There are rules to living in Our Dwelling Place: No drugs, and no drinking. There are drug tests and breathalyzers to help residents keep each other accountable. There are chore expectations to keep up the house, curfews, and it’s mandatory for residents to participate in outside support groups, which helps them become more integrated with their community.

But the purpose of sober living homes isn’t to offer treatment (as most sober living homes are nonprofessional living spaces); it’s to offer support. “It’s a model community,” Bethmann said, “and it builds community for people in recovery to really get a strong foothold in recovery while they’re working through that hard stuff outside with their counselors.”

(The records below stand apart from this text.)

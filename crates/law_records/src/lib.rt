//! Laws of the host's records. The functions do nothing: what their contracts say is all that they are for.
#![tactic(auto)]

mod laws;

pub use laws::{records_are_kept, records_stand_at_first};
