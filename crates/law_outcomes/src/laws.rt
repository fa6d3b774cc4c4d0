//! The laws.
ghost use Rattle.std.specs.Prelude.{List, Some, is_some, true, ℕ, ◌≡◌, ◌≤◌};
ghost use Rattle.std.specs.FinMap as finmap;
ghost use Rattle.mpt_trace.specs.declared.disk_spec.DiskSpec.{DiskSpec};
ghost use Rattle.mpt_wire.specs.Machine.State.{OpenRequest};
ghost use Rattle.mpt_rules.specs.Host.Parts.{Cmd};
ghost use Rattle.mpt_rules.specs.Law.{NothingIsStrange};
ghost use Rattle.mpt_rules.specs.World.Cases.{Case, entries, happens};
ghost use Rattle.mpt_rules.specs.World.FabricCounts.{result_count};
ghost use Rattle.mpt_rules.specs.World.Lines.{back_line};
ghost use Rattle.mpt_rules.specs.World.State.{World};
ghost use Rattle.law_facts.specs.Facts.{Facts};
ghost use Rattle.law_facts.specs.History.{History, first_history, history_after};
ghost use Rattle.law_paths.specs.Paths.{FurtherPaths};
ghost use Rattle.law_outcomes.specs.Stages.{RunsByStage};

/// At first nothing has run, and no command is open. Where all facts and the further ones hold of a world and nothing on its way is strange to its host: behind
/// any case the disk has answered an open command exactly where its path says that it has run.
pub fn runs_stay_by_stage()
    ensures first { (disks : List DiskSpec) → RunsByStage (first_history disks) }
    ensures kept { (w : World) (h : History) (c : Case) → Facts w h → NothingIsStrange w → FurtherPaths w h → RunsByStage h → RunsByStage (history_after h (entries w c)) }
{}

/// With the same premises: an open command whose result is on its way from the fabric has an outcome.
pub fn results_have_outcomes()
    ensures { (w : World) (h : History) (c : Case) → Facts w h → NothingIsStrange w → FurtherPaths w h → RunsByStage h → (n : ℕ) (d : Cmd) (r : OpenRequest) → finmap.get (happens w c).host.cmds n ≡ Some d → finmap.get (history_after h (entries w c)).machine.requests n ≡ Some r → 1 ≤ result_count d.smid (back_line (happens w c)) → is_some ((history_after h (entries w c)).machine.outcome n) ≡ true }
{}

Community is an important part of the recovery process of many drug and alcohol users, according to Gamez. And, since the pandemic hit in March, many facilities have had to cancel or limit numbers of participants in their group meetings, and close many residential treatment facility options, making the recovery process more challenging.

“Alcoholism and addiction feed off of isolation and fear,” Bethmann said, “and I think there’s going to be a greater need for this kind of support.”